# Bachelor Party Gifts



## SMOKING HANDSOME DUDE (May 24, 2007)

I just want to say thank you to all the guys who came out last night for my bachelor party. Cypress (Sam) picked me up around 6:30 pm and we headed to Robusto's where we had met up with Syrock (BO), We were met a little bit later by Boomer35 (Troy), Incognito (Abel) and Bonilla (Jose). Started the night by smoking a Robt. Burns this was a pre-embargo cuban that Cypress gifted to me. That was a great smoke I nubbed that thing so good I needed a roach clip. The next cigar was a Master Blend 3 taken out of Darren's Godiva's private reserve stock that she is saving. Thank you honey!! After a quick dinner I had baked potato soup and corn dogs. What a combo!! Ok now for the good part after we left Robusto's we headed to the Gold Cup for THE SHOE SHOW. You know where the girls show off there shoes and panties. Needless to say we had a great time. While there we STUCK IT TO THE MAN by lighting up our STOGIES in a NO SMOKING AREA OF HOUSTON. We were told that "TECHNICALLY WE ARE NOT ALLOWED TO SMOKE." And, "TECHNICALLY THEY DID NOT TELL US TO PUT THEM OUT." My BOTL'S were awesome and they gifted me some great cigars.

Cypress

Cao Itala
Camocho Liberty 2008 Barber Pole
Camoco Tenth Aniversary
Robert Burns Pre Embargo
Ashton Vsg
Monte Cristo White
RP Vintage 1990
Puros Indios
Nub Habano



















Syrock

Cohiba ISOM
Saint Luis Rey ISOM
Los Statos Delux ISOM










Boomer35

AB Max
Romeo Julieta Gran Reserva
Joya De Nicargua Celebracion
Por Larranaga Cabinet Seleccion
Romeo Y Julieta Cabinet Seleccion


----------



## DOZER (Sep 30, 2007)

Nice haul!!


----------



## LkyLindy (Feb 1, 2008)

Love those bachelor parties-

Shoe and panty fetish--Nice


----------



## CGARMAN23 (May 16, 2008)

Nice gifts.


----------



## eggwhites (Apr 20, 2008)

Awesome Gifts.
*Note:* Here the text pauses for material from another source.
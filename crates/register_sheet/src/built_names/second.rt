//! The second third of the built-in list of names: names.csv, from which check/built-names writes this file.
Enjoy 'em!


----------



## SMOKING HANDSOME DUDE (May 24, 2007)

LkyLindy said:


> Love those bachelor parties-
> 
> Shoe and panty fetish--Nice


What you never been to the shoe show?

:dribble::biggrin:


----------



## cboor001 (Aug 6, 2008)

Awesome hall... Glad you had a blast.


----------



## Doogie (Oct 15, 2007)

you have some great friends. thats what this site is all about


----------



## SmoknTaz (Jun 18, 2008)

Awesome times, congrats.


----------



## EKGOTSKILLZZ (Jun 17, 2008)

congrats and good luck


----------



## ngetal (Jul 6, 2008)

whole buncha looks tasty! enjoy....


----------



## ssuriano (Aug 24, 2008)

Nice haul!


----------



## amateurke (Mar 28, 2008)

Nice gifts, congrats man!!


----------



## azpostal (Jul 12, 2008)

Great gifts and congrats


----------



## Cypress (Jun 27, 2007)

We had a great time.


----------



## Peanut (Aug 13, 2008)

It's great that you can get together with people from this forum!


----------



## karmaz00 (Dec 5, 2007)

great sticks


----------



## mdj65 (Jun 22, 2008)

That's so cool, very nice smokes!


----------



## robisjebus (Feb 5, 2008)

very nice selection!!!

congrats bro.


----------



## tx_tuff (Jun 16, 2007)

Sounds like y'all had a great time!! Sorry I missed it Darren, but I will make it to the imporant day this coming up Saturday!


----------



## iloveclmore (Jan 23, 2008)

Sweeeet! Congrats man!


----------



## BigJim-cl (Sep 5, 2008)

*Great Gifts..*

:dribble:


----------



## ER Doc (Feb 8, 2007)

Wonderful. Those are awesome selections for gifts.

BTW - way to "stick it to the man".


----------



## TravelingJ-cl (Jun 20, 2008)

That might be reason enough to go and get married!


----------